UNHCR has hired refugees already living in Dzaleka Refugee Camp to help in the preparations, stacking grass and wooden poles that will be used with sun-dried mud bricks to build new houses. A contractor has been hired to drill the first of many new wells that will be needed.

A number of houses that had been vacated by refugees who left Malawi – either repatriating or resettled to other countries – are being repaired to provide shelter for the most vulnerable of the families who are moving from Luwani. The population of the camp, located just outside the capital Lilongwe, will rise to about 8,500.

"Our obvious concern in the camp is that the pressure of time and money are not sufficient to allow us to put facilities in place in time," said Haji Jama Abdulkadir, UNHCR's representative in Malawi. The agency is trying to allocate more funds. "We are trying to meet all the additional needs but we need extra money; it will take time and is going to be difficult."

The first priority has been building a shelter for new asylum seekers arriving in Malawi. When the government ordered the closing of Luwani late last month, it also stopped transferring all new arrivals from a small transit shelter near the northern border with Tanzania to the camp far in the south of Malawi, 30 km from Mozambique.

The transit centre, built for a maximum of 100 people, is now overflowing with more than 350. The government says it will be closed and future asylum seekers – the flow is almost all from the north – will be moved on arrival to Dzaleka.

The government actions, including a proposal to use soldiers to reinforce police on the northern border, reflect their stated reason for closing Luwani less than four years after it was opened and Dzaleka was declared full. The government had complained increasingly about the large number of young men from Somalia and Ethiopia who claim asylum but quickly disappear over the southern border to Mozambique, en route to South Africa.

"The security of the nation is at great risk," said the government statement on the closure of Luwani. It suggested many asylum seekers were former soldiers and some might have settled illegally inside Malawi. "Secondly, the country's asylum system has been abused and a lot of resources have been wasted." The statement said the flow was aided by professional traffickers and neighbouring countries had complained Malawi was not doing enough to stop it.

The government says placing new arrivals at Dzaleka, far from the border, will make Malawi less attractive as a transit route. However, some doubt the additional distance to the border will deter people determined to reach South Africa, the continent's economic powerhouse.

Although UNHCR shares the concern about abuse of the asylum regime – and recognizes the government's right to determine where refugees live – it has emphasized the difficulty in separating those in need of the protection of refugee status from economic migrants. The government has assured UNHCR that, despite tighter border controls, it remains committed to its international obligations to admit and protect asylum seekers.

Inside Dzaleka, UNHCR's immediate concern is to ensure those arriving from Luwani re-establish their lives as quickly as possible. Shelter will initially be basic – some will have to share large sleeping sheds erected for those moved from the northern border until they can make their own huts. The student population will rise about 50 percent, with no early prospect of new classrooms.

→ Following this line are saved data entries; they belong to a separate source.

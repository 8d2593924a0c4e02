// Lent parts filled with words. Each is lent exactly the part that it fills.
ghost use Rattle.std.specs.Prelude.{◌≡◌, ℕ, map, length};

// What f makes of each word.
pub(crate) fn put<F: Fn(u16) -> u16>(src: &[u16], out: &mut [u16], f: F)
    requires callable { F.IsAlwaysCallable f }
    requires long { length out.old ≡ length src.now }
    ensures { (g : ℕ → ℕ) → ((w v : ℕ) → F.post f w v → v ≡ g w) → out.new ≡ map g src.now }
{
    for (i, w) in src.iter().enumerate() {
        out[i] = f(*w);
    }
}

Longer term, prospects for residents of Dzaleka are not promising. Refugees in Luwani who had been awaiting a UNHCR irrigation scheme that could have made them self-sufficient, will find little opportunity now. Buildings will take up about half the camp area, leaving little land for even garden plots. For the foreseeable future they will remain dependent on food rations and other aid.

"Malawi has always been a generous host to refugees – remember it is a very poor country," said Abdulkadir. "But there is frustration among refugees who have been here for many years at the lack of jobs and opportunities. Few want to repatriate and Malawi will not consider local integration. Resettlement to other countries is the major outlet."